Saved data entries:
☆ ☆ ☆ ☆ ☆ ☆ ☆
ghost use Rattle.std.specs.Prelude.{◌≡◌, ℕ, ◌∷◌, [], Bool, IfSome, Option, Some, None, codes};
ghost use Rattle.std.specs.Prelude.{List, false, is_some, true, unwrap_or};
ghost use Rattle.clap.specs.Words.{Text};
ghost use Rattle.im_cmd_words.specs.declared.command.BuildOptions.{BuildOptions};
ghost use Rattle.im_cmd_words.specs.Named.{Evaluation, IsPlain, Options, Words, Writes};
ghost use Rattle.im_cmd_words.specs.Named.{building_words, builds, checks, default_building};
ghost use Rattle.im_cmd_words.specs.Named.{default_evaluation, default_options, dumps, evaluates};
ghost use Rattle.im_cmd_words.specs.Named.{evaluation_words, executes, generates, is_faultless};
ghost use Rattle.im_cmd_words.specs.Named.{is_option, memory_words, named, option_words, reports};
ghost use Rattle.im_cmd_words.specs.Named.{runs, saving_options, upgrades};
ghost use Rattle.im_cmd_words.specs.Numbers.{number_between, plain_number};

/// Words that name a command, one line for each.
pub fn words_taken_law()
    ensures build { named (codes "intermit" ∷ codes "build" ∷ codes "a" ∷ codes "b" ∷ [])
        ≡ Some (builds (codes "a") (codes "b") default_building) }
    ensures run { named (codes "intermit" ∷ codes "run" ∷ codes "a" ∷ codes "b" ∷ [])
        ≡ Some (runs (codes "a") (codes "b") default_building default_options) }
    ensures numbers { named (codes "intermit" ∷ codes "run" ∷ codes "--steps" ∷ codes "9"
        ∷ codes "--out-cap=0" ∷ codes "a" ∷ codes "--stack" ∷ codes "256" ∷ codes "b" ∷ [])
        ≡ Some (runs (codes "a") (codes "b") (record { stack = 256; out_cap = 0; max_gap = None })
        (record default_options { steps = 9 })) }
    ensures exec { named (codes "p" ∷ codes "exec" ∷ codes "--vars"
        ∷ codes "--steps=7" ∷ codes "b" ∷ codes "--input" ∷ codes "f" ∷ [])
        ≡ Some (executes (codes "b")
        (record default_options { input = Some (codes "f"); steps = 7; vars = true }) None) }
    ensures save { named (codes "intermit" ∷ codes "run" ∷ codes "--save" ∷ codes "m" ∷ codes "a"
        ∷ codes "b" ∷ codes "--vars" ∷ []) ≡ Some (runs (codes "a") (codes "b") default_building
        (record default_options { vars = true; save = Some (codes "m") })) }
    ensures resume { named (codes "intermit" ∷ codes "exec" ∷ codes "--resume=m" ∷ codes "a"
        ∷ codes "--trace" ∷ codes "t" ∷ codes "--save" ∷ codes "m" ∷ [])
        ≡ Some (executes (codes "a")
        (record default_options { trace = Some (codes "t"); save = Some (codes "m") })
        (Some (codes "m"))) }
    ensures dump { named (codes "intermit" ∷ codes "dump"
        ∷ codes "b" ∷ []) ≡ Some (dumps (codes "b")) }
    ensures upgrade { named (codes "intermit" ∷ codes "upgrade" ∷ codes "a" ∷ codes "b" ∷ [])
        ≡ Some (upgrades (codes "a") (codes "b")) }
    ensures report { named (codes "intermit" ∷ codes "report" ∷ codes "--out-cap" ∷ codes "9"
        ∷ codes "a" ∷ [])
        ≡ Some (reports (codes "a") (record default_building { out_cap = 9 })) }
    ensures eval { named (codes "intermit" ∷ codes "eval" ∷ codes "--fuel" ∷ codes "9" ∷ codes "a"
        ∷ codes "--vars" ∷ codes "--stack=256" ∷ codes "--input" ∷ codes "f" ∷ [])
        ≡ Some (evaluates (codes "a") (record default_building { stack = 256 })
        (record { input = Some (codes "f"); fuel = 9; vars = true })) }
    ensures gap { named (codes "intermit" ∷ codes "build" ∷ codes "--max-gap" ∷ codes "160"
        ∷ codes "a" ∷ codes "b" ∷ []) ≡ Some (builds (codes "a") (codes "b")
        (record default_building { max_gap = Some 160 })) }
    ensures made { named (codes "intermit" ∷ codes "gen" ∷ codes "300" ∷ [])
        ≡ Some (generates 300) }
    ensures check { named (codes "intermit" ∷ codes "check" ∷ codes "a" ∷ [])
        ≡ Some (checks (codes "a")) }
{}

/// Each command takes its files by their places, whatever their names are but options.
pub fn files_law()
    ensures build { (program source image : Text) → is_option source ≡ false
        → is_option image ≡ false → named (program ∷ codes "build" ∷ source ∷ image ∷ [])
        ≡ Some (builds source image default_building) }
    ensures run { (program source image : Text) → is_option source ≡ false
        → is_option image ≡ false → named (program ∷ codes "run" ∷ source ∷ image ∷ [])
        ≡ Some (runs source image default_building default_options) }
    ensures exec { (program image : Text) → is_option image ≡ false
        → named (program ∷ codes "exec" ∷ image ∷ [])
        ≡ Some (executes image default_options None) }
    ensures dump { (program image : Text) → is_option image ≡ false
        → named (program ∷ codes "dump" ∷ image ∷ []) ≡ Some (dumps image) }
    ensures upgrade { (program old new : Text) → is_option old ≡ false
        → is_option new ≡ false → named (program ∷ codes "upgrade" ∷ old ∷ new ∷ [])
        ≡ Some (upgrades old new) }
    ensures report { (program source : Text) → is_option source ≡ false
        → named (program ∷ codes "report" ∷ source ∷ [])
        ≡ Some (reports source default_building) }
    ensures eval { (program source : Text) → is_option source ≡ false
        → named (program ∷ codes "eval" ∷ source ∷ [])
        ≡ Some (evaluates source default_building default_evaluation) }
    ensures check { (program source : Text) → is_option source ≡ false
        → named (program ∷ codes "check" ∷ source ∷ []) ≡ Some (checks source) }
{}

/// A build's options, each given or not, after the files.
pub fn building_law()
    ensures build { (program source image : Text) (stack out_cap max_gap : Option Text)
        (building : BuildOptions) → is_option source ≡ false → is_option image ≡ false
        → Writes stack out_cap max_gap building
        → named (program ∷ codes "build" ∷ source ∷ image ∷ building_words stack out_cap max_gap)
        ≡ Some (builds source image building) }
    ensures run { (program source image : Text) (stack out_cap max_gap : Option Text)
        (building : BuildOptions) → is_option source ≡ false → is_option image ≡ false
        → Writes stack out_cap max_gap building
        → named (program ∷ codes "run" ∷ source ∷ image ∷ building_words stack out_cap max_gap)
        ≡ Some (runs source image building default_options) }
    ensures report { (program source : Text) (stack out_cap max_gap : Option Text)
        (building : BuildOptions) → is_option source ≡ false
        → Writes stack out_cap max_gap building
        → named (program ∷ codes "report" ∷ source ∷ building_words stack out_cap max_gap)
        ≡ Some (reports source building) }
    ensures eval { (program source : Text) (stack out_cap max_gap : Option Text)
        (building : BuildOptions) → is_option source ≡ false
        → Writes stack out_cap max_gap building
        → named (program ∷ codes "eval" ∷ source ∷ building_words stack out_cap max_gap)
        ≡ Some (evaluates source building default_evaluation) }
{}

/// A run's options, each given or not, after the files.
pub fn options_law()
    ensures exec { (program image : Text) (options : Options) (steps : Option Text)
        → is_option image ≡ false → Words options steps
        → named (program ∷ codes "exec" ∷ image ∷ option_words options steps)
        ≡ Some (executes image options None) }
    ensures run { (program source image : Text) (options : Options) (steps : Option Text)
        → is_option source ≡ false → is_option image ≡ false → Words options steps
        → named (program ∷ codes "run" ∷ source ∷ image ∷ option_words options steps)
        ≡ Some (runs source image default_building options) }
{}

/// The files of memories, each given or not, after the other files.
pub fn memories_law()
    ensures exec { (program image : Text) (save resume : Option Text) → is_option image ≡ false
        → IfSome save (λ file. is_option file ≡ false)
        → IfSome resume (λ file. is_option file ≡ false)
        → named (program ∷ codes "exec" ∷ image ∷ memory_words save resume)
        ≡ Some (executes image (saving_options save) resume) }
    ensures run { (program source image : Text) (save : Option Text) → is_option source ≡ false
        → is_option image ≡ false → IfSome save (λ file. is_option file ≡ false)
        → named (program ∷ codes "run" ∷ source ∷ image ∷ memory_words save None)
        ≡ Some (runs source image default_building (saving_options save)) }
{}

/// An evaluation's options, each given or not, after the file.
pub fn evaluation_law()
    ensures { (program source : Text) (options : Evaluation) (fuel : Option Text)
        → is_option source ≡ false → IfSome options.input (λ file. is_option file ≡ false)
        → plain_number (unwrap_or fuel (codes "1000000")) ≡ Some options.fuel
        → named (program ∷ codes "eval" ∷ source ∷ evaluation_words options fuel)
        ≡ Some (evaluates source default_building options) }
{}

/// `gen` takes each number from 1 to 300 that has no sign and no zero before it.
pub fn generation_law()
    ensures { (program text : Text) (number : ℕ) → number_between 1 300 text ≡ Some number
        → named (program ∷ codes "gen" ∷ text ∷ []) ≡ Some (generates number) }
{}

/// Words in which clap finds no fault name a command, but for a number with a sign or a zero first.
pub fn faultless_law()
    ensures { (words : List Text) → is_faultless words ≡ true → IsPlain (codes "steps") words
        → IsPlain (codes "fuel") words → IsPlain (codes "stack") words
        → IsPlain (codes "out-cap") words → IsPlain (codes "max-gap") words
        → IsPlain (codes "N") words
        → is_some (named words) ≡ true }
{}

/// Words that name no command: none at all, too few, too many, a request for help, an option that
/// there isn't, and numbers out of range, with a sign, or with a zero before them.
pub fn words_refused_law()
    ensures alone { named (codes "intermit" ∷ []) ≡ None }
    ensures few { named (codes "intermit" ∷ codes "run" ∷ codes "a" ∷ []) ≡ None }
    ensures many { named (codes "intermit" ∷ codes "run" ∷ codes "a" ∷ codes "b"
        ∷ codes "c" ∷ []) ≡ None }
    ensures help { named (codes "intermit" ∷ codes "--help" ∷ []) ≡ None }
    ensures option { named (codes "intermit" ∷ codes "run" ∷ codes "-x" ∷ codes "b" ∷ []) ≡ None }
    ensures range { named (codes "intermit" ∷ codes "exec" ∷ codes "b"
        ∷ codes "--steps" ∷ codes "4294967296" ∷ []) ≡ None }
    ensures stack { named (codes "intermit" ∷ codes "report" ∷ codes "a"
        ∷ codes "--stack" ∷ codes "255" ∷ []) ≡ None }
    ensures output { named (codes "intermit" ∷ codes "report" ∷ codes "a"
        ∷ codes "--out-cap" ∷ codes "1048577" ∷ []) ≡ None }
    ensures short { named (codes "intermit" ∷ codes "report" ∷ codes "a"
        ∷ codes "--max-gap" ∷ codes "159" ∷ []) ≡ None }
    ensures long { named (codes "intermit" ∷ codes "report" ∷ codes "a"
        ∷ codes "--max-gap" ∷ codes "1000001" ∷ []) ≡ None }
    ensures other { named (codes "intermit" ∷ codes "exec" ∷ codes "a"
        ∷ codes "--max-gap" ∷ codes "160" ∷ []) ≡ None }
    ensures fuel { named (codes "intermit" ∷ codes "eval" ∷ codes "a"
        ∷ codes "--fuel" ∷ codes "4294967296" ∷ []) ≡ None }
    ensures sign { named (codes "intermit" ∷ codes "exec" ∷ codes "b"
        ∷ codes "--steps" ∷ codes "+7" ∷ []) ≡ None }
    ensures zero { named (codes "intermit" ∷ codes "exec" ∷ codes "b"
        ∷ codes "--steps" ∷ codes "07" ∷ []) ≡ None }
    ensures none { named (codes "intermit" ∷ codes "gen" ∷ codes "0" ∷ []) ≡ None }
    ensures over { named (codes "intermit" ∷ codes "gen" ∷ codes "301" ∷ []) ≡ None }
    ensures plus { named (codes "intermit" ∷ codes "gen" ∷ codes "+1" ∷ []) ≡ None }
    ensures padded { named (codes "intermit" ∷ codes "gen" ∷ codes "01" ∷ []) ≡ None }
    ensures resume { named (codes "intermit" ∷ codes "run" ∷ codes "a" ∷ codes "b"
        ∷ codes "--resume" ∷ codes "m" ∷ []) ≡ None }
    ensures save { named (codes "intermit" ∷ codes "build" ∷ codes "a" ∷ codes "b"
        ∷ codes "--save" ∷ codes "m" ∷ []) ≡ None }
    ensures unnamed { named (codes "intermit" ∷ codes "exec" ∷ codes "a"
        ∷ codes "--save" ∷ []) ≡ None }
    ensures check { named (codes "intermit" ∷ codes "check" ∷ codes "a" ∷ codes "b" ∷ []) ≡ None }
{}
☆ ☆ ☆ ☆ ☆ ☆ ☆
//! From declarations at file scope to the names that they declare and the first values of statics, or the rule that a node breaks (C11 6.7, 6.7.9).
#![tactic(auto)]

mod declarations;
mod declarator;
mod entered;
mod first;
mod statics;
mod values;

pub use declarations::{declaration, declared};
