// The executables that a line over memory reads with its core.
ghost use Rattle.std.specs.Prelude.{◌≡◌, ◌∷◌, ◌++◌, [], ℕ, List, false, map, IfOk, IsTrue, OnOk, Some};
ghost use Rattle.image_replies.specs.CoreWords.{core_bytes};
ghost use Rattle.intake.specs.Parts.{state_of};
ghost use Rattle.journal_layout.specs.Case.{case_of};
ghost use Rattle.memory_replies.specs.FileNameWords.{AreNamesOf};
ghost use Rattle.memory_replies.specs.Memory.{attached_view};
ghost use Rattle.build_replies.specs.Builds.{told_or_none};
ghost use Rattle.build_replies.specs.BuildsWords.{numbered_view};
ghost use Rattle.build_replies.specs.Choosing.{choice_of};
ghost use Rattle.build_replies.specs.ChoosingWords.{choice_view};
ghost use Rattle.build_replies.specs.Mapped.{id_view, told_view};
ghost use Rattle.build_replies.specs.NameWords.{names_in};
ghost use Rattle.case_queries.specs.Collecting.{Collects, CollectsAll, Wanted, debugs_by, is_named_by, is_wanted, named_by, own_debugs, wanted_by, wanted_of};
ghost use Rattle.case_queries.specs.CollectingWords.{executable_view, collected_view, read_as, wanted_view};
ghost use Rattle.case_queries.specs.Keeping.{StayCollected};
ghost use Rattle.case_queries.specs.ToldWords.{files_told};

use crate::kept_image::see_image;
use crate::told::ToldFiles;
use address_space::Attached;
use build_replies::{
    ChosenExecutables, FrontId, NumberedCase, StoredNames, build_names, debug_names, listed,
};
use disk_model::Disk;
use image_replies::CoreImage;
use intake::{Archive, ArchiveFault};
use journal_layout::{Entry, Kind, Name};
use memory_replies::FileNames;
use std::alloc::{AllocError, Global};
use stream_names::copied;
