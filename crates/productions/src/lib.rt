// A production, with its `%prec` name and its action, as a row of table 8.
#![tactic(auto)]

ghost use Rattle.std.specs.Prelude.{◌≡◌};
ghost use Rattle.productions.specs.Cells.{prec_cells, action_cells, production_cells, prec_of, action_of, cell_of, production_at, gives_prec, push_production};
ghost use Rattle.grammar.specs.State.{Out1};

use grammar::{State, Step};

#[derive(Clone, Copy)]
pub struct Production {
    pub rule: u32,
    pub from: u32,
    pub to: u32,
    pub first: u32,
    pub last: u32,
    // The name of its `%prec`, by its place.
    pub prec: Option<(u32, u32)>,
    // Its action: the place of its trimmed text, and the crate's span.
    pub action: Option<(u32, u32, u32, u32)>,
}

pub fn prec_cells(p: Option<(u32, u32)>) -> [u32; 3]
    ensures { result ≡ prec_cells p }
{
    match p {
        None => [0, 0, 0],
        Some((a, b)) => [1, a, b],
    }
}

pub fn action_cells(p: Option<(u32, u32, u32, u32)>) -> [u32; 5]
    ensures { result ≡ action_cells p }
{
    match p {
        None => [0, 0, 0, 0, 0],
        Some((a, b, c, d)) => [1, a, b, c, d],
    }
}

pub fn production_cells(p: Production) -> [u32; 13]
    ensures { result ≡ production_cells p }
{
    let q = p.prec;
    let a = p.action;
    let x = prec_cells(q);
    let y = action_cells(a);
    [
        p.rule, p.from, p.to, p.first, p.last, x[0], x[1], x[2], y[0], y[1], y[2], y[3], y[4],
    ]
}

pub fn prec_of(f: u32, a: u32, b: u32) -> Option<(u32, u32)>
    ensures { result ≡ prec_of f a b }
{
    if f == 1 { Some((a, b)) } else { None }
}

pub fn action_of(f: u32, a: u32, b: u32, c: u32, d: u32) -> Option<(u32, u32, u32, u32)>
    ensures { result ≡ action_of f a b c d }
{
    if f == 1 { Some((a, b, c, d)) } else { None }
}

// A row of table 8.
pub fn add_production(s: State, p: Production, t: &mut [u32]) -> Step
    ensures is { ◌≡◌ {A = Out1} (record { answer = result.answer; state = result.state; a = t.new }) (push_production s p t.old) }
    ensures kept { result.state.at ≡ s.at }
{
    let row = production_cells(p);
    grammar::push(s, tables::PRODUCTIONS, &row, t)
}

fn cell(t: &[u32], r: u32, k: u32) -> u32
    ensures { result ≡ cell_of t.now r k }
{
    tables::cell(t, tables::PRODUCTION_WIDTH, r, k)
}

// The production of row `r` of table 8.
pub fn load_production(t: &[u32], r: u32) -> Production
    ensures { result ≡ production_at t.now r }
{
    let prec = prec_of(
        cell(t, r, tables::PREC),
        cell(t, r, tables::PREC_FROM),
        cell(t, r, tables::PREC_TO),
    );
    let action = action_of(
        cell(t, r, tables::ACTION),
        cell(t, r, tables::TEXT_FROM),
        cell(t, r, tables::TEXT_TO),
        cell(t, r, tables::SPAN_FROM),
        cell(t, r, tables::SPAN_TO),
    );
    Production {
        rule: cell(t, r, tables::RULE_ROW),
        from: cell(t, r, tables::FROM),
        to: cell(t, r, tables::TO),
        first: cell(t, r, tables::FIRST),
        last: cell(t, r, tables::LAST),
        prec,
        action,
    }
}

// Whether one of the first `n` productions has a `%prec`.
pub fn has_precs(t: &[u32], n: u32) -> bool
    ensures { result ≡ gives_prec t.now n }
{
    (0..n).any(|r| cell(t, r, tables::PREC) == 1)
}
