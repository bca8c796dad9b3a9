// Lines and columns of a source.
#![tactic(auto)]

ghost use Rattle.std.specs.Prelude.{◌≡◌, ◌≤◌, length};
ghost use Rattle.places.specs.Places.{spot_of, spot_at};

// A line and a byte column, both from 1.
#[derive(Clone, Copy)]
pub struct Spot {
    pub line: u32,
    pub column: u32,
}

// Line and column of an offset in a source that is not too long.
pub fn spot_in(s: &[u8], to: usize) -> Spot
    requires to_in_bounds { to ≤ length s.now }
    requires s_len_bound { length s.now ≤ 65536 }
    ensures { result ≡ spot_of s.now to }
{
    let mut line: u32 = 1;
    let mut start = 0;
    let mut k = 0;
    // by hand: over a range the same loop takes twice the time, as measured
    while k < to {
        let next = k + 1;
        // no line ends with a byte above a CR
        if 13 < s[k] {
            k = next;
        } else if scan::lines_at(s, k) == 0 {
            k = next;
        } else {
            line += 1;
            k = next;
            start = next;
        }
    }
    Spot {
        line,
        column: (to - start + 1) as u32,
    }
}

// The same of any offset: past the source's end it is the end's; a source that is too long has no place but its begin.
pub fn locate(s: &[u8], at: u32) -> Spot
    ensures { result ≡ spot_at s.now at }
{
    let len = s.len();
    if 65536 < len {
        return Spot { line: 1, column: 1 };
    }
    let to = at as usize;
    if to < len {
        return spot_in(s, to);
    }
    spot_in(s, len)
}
☆ ☆ ☆ ☆ ☆ ☆ ☆
**Exercise aim**.
Retype the entries above exactly, but only from the line containing "result.state.at ≡ s.at" through the line containing "The production of", both included.

**Your solution**.
    ensures kept { result.state.at ≡ s.at }
{
    let row = production_cells(p);
    grammar::push(s, tables::PRODUCTIONS, &row, t)
}

fn cell(t: &[u32], r: u32, k: u32) -> u32
    ensures { result ≡ cell_of t.now r k }
{
    tables::cell(t, tables::PRODUCTION_WIDTH, r, k)
}

// The production of row `r` of table 8.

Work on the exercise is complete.